=== Exercise prompt ===
Copy the whole listing verbatim.

=== Data under study ===
◇ ◇ ◇ ◇

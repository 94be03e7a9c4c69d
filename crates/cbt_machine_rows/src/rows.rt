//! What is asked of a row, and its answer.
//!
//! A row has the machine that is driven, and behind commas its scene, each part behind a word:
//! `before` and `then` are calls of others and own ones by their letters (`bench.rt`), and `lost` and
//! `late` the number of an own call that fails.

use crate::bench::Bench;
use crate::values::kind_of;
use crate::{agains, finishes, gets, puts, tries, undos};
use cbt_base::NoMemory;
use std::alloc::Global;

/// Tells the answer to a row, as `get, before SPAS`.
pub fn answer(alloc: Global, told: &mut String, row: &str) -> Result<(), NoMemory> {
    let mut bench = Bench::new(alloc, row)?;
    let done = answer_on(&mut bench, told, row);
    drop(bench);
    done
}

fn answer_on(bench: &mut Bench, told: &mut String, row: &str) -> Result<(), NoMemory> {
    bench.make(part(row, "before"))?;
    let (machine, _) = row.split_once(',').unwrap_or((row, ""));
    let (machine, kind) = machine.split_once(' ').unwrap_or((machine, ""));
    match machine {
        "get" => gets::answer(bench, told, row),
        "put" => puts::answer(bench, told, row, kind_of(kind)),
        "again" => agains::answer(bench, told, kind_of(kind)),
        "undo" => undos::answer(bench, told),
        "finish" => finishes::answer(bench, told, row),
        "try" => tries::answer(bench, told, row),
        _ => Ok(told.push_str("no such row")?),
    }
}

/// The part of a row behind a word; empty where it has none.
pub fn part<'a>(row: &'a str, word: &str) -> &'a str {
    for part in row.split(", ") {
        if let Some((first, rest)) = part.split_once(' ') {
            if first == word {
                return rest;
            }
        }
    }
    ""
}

◇ ◇ ◇ ◇

=== Exercise answer ===
repository 94be03e7a9c4c69d
filename crates/cbt_machine_rows/src/rows.rt
//! What is asked of a row, and its answer.
//!
//! A row has the machine that is driven, and behind commas its scene, each part behind a word:
//! `before` and `then` are calls of others and own ones by their letters (`bench.rt`), and `lost` and
//! `late` the number of an own call that fails.

use crate::bench::Bench;
use crate::values::kind_of;
use crate::{agains, finishes, gets, puts, tries, undos};
use cbt_base::NoMemory;
use std::alloc::Global;

/// Tells the answer to a row, as `get, before SPAS`.
pub fn answer(alloc: Global, told: &mut String, row: &str) -> Result<(), NoMemory> {
    let mut bench = Bench::new(alloc, row)?;
    let done = answer_on(&mut bench, told, row);
    drop(bench);
    done
}

fn answer_on(bench: &mut Bench, told: &mut String, row: &str) -> Result<(), NoMemory> {
    bench.make(part(row, "before"))?;
    let (machine, _) = row.split_once(',').unwrap_or((row, ""));
    let (machine, kind) = machine.split_once(' ').unwrap_or((machine, ""));
    match machine {
        "get" => gets::answer(bench, told, row),
        "put" => puts::answer(bench, told, row, kind_of(kind)),
        "again" => agains::answer(bench, told, kind_of(kind)),
        "undo" => undos::answer(bench, told),
        "finish" => finishes::answer(bench, told, row),
        "try" => tries::answer(bench, told, row),
        _ => Ok(told.push_str("no such row")?),
    }
}

/// The part of a row behind a word; empty where it has none.
pub fn part<'a>(row: &'a str, word: &str) -> &'a str {
    for part in row.split(", ") {
        if let Some((first, rest)) = part.split_once(' ') {
            if first == word {
                return rest;
            }
        }
    }
    ""
}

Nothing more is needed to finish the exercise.